From Collectors Weekly, an interview with Steven Martin about his new book, Opium Fiend. Martin collects opium paraphernalia and got addicted to the stuff (the collectables and the opium) while living and collecting in SE Asia.

In 2001, I was working as a fixer and translator for a good friend of mine, Karl Taro Greenfeld, a journalist for the Asian edition of Time. He wanted to do a story about the remnants of opium smoking in Laos, which, at the time, was the only country in the world where you could see opium smoking in the traditional Chinese manner-that is, with a pipe that’s designed to vaporize the drug and a lamp as a source of heat and all the crazy, little tools and accoutrements. Through some weird quirk of history, this sort of opium smoking was eradicated every place else, but Laos still had the traditional public opium den that anybody could walk into, recline, and have an attendant prepare opium for them to smoke.

Actually, Karl’s story was more about the backpackers who were coming to Southeast Asia and causing a resurgence of opium smoking, especially in Vang Vieng, just north of the capital, Vientiane. This one little town was a must-stop on the backpackers’ circuit. Karl, who had at one time been addicted to heroin when he was living in New York City, wanted to do the story, but he didn’t want to get anywhere near the opium, obviously. While I was hired to translate and set up interviews, he asked me to smoke the drug so he could observe and write the details into his story.
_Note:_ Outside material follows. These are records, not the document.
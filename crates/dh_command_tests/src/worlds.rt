//! Runs in a world that tells what it has: there the clauses of the command say which answer comes.

ghost use Rattle.std.specs.Prelude.{◌≡◌, Some, All, IfOk, map, string_bytes};
ghost use Rattle.dh_ports.specs.Desks.{IsShort};
ghost use Rattle.dh_streams.specs.Streams.{reading, output};
ghost use Rattle.dh_command_tests.specs.Worlds.{RunsOver};

use dh_command::Status;
use dh_parse::parse;
use dh_ports::{
    Cache, Content, Contents, DeskFails, Found, Got, ListWorld, Listed, MemDesk, MemFeed, MemSink,
    OpenGate, are_short,
};
use dh_syntax::{Bytes, Expr, Loc, Many, Op};
use dh_top::run_dhall;
use std::alloc::{AllocError, Global};
use std::marker::Brand;
use std::sync::Wait;
use std::test::Fail;
use std::thread::Threads;

/// Runs the command by one desk over the lists of a type.
fn run_over<R: Threads + Wait + Sync, L: Listed + Send + Sync>(
    rt: &R,
    alloc: Global,
    words: &[String],
    contents: Contents,
    cache: Cache,
    input: &mut MemFeed,
    out: &mut MemSink,
    err: &mut MemSink,
) -> Result<Status, AllocError>
    requires short { All (λ c. IsShort c.got) contents }
    requires contents { contents ≡ L.contents }
    requires cache { cache ≡ L.cache }
    ensures { IfOk result (λ status. RunsOver (map string_bytes words.now) L.contents L.cache
        (reading (Some input.old.left) (Some input.new.left) input.old.faults input.new.faults)
        (output (Some out.old.written) (Some out.new.written) out.old.faults out.new.faults)
        (output (Some err.old.written) (Some err.new.written) err.old.faults err.new.faults) status) }
{
    let fails = DeskFails {
        fetch: Many::new(alloc),
        look: Many::new(alloc),
        keep: Many::new(alloc),
    };
    let desk = MemDesk::<ListWorld<L>>::over_lists(alloc, contents, cache, fails);
    let mut desks = Vec::from_array(alloc, [desk])?;
    Ok(run_dhall::<R, ListWorld<L>, MemDesk<ListWorld<L>>, MemFeed, MemSink, MemSink, OpenGate>(
        rt, alloc, words, &mut desks, input, out, err, &OpenGate,
    ))
}

/// Runs the command by one desk over these lists.
fn run_in<R: Threads + Wait + Sync>(
    rt: &R,
    alloc: Global,
    words: &[String],
    contents: Contents,
    cache: Cache,
    input: &mut MemFeed,
    out: &mut MemSink,
    err: &mut MemSink,
) -> Result<Status, AllocError>
    requires { All (λ c. IsShort c.got) contents }
    ensures { IfOk result (λ status. RunsOver (map string_bytes words.now) contents cache
        (reading (Some input.old.left) (Some input.new.left) input.old.faults input.new.faults)
        (output (Some out.old.written) (Some out.new.written) out.old.faults out.new.faults)
        (output (Some err.old.written) (Some err.new.written) err.old.faults err.new.faults) status) }
{
    run_over::<R, Brand>(rt, alloc, words, contents, cache, input, out, err)
}

fn bytes_of(alloc: Global, text: &str) -> Result<Bytes, AllocError> {
    Ok(Bytes::of(Vec::from_slice(alloc, text.as_bytes())?))
}

/// The location that a text spells.
fn loc_of(alloc: Global, text: &str) -> Result<Loc, Fail> {
    let Ok(e) = parse(alloc, text.as_bytes()) else {
        return Err(Fail::from("no expression"));
    };
    match &e {
        Expr::Node(Op::Import(import), _) => Ok(import.get().loc.copied(alloc)?),
        _ => Err(Fail::from("no location")),
    }
}

/// All that there is: the text `1` at `./a`, and one that imports it at `./b`.
fn contents(alloc: Global) -> Result<Contents, Fail> {
    let mut contents = Many::new(alloc);
    for (loc, text) in [("./a", "1"), ("./b", "./a + 1")] {
        let bytes = bytes_of(alloc, text)?;
        let got = Got::Found(Found { bytes, allow: None });
        let loc = loc_of(alloc, loc)?;
        contents.push(Content { loc, got })?;
    }
    Ok(contents)
}

#[test]
fn the_answer_is_that_over_what_the_world_tells(rt: HostRuntime) -> Result<(), Fail> {
    for (text, out, err, status) in [
        ("./a", "1\n", "", Status::Ok),
        ("./a + ./b", "3\n", "", Status::Ok),
        ("./c ? ./b", "2\n", "", Status::Ok),
        ("./c", "", "in ./c: absent\n", Status::Import),
    ] {
        let alloc = rt.alloc();
        let contents = contents(alloc)?;
        if !are_short(&contents) {
            return Err(Fail::from("a text that is too long"));
        }
        let mut words = Vec::new(alloc);
        words.push(String::from_str(alloc, "normalize")?)?;
        let mut input = MemFeed::new(alloc, bytes_of(alloc, text)?, Many::new(alloc));
        let mut written = MemSink::new(alloc, Many::new(alloc));
        let mut told = MemSink::new(alloc, Many::new(alloc));
        let words = words.as_slice();
        let cache = Many::new(alloc);
        let ended = run_in(
            &rt,
            alloc,
            words,
            contents,
            cache,
            &mut input,
            &mut written,
            &mut told,
        )?;
        assert_eq!(rt; written.written_bytes(), out.as_bytes());
        assert_eq!(rt; told.written_bytes(), err.as_bytes());
        assert_eq!(rt; ended, status);
    }
    Ok(())
}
It wasn’t the first time I had smoked opium. When I was traveling in the Southeast Asia mountains, the villagers would often invite me to smoke opium with them. But I had never really given it much thought until I did this story. Unlike the tribal kind of paraphernalia I had seen in the mountains, these Laotian dens were using the traditional Chinese accoutrements. After we visited the den, we went back down to the capital. I told Karl, “Hey, why don’t I take you to an antiques shop I know about that has opium pipes? It might be an interesting souvenir.” He ended up buying one, and I thought, “Why don’t I get one, too?”